- Exercise objective
Go through the data below line by line and count those containing the word "AllocError". Reply with the count only.

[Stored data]
┄┄┄┄┄┄┄┄┄┄

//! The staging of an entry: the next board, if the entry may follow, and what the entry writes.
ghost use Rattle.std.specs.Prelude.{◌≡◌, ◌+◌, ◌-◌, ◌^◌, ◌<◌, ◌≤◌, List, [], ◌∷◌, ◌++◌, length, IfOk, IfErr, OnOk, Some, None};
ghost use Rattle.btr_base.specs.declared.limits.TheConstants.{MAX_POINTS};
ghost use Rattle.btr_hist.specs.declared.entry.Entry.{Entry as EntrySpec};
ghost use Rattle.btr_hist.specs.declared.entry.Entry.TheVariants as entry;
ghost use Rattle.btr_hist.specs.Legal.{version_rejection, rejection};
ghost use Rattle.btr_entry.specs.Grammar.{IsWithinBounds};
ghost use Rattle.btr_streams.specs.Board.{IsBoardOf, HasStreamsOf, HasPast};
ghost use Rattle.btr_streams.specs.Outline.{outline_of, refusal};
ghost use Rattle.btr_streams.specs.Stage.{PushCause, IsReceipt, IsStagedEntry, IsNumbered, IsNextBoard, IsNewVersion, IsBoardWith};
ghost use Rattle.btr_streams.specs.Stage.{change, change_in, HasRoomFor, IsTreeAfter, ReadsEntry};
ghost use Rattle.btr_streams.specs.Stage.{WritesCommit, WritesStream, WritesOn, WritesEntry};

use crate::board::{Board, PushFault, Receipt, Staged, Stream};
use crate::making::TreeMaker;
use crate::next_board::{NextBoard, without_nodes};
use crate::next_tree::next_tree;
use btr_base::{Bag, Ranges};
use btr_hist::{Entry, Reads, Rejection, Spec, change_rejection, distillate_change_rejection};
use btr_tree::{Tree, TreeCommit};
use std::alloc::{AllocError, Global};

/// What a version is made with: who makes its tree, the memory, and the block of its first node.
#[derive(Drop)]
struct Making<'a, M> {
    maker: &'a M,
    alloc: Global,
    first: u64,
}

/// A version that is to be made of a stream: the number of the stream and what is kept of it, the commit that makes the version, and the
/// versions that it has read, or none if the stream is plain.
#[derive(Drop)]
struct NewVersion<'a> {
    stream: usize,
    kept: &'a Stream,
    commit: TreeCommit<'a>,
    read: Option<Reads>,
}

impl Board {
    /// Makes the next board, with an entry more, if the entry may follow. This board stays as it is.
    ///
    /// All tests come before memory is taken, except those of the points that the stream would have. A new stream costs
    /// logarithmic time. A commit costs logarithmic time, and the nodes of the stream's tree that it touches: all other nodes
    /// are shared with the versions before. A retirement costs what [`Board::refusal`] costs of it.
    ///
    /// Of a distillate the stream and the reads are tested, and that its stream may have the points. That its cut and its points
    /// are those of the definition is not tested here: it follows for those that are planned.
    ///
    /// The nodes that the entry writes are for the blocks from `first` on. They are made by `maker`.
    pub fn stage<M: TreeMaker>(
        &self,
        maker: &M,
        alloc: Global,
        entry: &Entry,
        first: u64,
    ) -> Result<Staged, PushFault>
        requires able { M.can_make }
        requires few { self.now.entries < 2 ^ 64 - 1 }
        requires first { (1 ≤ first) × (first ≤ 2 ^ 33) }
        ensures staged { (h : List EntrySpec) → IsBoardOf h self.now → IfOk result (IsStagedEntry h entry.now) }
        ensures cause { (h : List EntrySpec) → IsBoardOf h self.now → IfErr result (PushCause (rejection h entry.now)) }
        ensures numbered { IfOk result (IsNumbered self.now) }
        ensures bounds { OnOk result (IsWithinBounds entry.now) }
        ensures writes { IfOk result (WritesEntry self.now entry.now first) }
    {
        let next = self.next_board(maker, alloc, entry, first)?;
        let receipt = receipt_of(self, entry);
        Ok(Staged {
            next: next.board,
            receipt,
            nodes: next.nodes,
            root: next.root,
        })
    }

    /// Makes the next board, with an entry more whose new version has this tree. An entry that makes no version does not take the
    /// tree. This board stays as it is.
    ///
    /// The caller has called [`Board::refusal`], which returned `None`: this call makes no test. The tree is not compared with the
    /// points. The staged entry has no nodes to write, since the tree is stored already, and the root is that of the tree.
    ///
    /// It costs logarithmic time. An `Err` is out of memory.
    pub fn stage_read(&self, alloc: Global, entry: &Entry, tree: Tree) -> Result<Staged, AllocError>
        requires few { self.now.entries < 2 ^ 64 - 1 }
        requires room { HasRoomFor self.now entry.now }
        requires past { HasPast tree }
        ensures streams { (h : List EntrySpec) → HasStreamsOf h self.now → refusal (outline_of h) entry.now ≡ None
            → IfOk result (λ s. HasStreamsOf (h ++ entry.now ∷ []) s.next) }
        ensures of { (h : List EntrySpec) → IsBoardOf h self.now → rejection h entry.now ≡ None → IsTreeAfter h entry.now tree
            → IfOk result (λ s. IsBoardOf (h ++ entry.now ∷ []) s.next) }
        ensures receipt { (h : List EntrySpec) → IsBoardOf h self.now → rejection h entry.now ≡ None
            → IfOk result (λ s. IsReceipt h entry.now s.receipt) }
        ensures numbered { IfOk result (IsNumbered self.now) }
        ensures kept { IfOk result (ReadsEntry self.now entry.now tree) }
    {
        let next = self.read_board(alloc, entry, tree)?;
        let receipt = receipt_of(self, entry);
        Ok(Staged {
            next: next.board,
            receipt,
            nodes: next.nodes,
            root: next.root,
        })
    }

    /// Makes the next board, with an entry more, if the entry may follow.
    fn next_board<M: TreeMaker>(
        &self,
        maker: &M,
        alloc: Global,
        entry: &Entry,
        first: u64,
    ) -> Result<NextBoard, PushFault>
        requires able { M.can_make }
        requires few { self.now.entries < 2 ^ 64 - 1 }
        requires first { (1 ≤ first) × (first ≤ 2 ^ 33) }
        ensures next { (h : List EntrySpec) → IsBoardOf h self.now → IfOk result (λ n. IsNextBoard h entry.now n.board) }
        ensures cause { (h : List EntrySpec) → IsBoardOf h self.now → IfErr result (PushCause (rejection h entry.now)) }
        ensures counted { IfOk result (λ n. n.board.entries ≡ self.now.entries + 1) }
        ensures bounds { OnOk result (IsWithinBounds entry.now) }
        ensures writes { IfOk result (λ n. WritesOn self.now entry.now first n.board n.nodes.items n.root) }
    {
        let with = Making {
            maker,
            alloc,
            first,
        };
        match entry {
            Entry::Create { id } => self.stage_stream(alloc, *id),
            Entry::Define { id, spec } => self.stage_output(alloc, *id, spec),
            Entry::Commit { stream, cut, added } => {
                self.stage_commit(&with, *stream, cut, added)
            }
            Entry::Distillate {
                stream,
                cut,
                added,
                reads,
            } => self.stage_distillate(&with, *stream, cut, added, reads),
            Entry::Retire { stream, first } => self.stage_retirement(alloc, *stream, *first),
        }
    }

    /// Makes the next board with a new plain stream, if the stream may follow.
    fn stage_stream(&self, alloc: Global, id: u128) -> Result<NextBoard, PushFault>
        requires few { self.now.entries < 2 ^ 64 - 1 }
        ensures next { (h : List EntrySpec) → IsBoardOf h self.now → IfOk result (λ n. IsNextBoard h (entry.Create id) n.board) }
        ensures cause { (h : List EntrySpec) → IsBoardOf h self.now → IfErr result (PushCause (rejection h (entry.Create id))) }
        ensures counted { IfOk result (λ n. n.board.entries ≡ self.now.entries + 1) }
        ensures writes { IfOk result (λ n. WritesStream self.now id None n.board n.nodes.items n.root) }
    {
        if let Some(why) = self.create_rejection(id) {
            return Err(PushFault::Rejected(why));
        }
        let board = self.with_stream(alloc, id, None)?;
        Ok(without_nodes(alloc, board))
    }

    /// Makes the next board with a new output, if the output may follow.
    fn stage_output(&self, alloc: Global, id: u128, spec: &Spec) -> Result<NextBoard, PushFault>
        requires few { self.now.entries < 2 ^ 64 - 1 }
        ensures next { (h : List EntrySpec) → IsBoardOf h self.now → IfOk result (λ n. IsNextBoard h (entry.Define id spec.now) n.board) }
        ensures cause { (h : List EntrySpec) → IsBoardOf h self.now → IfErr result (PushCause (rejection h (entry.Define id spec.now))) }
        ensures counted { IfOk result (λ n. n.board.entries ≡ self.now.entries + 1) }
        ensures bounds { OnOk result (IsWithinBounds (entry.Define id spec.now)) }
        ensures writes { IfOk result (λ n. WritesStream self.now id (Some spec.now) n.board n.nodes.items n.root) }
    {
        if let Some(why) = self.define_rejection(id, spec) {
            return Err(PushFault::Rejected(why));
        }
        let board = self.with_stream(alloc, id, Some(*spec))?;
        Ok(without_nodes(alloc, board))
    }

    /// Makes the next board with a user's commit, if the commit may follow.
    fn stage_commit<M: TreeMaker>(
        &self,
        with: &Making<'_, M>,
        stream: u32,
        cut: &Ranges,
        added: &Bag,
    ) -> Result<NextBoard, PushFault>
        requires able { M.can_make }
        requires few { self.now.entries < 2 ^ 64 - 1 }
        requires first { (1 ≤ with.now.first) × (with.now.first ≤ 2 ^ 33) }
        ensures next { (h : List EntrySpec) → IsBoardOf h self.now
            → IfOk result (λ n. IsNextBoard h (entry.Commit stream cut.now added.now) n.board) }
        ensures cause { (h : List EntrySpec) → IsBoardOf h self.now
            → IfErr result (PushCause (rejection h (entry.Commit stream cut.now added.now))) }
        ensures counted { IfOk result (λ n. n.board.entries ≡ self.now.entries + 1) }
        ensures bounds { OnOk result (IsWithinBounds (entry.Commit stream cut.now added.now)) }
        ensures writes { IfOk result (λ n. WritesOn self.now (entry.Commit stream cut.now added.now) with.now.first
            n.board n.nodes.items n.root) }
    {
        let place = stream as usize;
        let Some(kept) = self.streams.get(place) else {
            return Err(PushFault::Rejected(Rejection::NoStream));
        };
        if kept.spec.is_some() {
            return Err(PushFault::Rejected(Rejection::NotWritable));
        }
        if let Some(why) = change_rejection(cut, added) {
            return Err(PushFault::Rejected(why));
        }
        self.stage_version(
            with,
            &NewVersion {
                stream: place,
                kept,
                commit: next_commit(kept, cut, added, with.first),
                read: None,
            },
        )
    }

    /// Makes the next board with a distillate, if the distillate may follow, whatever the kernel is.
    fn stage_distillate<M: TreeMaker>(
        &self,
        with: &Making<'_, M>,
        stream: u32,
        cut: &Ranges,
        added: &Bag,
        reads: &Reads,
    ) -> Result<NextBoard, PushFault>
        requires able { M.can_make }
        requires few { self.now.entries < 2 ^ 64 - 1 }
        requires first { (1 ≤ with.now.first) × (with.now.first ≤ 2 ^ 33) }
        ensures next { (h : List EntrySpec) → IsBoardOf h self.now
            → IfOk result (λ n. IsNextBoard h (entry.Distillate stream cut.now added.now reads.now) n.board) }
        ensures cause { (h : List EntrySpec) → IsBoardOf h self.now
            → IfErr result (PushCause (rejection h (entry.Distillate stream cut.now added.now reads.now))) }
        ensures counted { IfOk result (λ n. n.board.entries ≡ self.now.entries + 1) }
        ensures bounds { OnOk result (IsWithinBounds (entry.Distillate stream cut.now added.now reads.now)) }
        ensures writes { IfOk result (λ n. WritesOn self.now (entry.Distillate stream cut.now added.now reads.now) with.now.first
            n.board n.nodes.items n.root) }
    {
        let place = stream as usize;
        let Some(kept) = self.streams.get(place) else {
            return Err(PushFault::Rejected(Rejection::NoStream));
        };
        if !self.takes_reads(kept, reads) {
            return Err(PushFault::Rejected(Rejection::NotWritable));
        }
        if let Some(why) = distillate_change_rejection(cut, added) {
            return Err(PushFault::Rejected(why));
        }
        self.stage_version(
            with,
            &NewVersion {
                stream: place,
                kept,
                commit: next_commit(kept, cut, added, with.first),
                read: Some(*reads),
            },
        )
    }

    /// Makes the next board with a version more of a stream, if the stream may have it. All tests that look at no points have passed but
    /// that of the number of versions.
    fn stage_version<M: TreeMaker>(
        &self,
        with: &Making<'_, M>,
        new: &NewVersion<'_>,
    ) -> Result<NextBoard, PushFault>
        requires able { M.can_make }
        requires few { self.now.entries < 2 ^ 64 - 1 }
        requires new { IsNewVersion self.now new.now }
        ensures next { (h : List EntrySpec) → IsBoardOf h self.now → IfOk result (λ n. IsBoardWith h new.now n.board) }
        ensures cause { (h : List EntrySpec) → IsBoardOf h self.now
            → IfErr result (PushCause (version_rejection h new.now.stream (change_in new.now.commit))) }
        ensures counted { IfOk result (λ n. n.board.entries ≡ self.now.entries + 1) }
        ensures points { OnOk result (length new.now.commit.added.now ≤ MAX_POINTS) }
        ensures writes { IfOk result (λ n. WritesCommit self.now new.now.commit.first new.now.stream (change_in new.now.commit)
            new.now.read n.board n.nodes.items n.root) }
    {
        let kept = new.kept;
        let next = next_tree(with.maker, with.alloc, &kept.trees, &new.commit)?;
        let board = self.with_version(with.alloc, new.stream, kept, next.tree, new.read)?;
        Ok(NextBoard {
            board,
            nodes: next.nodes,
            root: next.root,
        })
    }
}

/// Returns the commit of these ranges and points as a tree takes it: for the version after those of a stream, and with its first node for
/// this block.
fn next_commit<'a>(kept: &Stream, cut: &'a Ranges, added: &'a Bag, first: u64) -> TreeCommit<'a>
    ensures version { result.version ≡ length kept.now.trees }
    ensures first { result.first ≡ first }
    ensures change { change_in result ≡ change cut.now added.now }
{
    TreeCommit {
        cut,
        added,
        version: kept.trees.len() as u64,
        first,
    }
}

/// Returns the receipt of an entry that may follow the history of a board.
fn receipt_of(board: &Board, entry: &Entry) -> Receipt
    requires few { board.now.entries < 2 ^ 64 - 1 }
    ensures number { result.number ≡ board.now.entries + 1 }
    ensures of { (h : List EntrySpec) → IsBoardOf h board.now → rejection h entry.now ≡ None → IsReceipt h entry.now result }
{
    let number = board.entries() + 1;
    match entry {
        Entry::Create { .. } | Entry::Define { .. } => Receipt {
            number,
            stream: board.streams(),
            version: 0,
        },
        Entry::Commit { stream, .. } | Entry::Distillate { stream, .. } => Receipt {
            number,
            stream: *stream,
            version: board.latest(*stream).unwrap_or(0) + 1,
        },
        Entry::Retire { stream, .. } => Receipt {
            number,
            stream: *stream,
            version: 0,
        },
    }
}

┄┄┄┄┄┄┄┄┄┄

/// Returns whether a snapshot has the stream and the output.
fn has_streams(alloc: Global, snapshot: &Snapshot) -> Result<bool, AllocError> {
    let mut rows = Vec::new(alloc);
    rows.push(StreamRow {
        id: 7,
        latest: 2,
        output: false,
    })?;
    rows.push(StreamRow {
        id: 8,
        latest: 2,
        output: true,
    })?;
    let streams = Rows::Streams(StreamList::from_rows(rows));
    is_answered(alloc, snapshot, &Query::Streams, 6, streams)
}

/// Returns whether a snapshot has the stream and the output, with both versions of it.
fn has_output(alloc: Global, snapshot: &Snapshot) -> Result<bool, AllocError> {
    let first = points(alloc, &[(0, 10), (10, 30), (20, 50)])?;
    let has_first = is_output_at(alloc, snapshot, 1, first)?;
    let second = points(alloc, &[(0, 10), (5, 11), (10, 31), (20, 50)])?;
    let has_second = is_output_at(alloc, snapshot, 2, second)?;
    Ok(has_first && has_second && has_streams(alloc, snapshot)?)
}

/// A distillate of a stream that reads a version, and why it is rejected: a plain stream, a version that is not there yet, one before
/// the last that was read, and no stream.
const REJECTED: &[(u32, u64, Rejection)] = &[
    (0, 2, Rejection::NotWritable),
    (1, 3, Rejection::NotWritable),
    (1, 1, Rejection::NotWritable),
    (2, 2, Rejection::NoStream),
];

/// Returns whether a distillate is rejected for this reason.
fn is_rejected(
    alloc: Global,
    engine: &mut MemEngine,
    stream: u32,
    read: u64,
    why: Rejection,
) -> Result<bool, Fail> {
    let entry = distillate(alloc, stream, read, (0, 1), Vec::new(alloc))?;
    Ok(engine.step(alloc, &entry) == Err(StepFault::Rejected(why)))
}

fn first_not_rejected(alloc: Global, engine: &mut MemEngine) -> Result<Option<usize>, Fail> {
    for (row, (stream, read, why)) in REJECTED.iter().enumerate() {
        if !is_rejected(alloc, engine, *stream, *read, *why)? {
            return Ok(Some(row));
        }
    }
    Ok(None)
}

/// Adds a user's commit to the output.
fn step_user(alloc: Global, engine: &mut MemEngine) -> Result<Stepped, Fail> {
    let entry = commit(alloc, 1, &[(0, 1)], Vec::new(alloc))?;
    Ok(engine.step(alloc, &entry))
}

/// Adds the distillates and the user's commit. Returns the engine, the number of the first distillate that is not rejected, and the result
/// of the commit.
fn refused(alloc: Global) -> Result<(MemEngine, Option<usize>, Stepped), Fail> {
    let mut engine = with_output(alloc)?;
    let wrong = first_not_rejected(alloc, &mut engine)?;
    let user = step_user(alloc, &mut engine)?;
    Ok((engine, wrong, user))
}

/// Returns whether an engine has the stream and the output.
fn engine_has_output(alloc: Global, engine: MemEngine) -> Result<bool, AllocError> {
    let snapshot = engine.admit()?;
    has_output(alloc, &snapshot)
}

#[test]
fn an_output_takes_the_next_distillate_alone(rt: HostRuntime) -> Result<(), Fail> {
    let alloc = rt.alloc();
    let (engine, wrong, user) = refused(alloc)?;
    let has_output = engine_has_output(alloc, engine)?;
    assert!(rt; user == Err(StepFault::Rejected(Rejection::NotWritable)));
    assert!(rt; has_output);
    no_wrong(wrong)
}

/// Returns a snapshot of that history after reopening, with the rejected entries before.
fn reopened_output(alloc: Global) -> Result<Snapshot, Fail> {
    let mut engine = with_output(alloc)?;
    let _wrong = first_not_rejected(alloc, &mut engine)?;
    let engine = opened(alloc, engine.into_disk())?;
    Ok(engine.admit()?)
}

┄┄┄┄┄┄┄┄┄┄

- The answer
5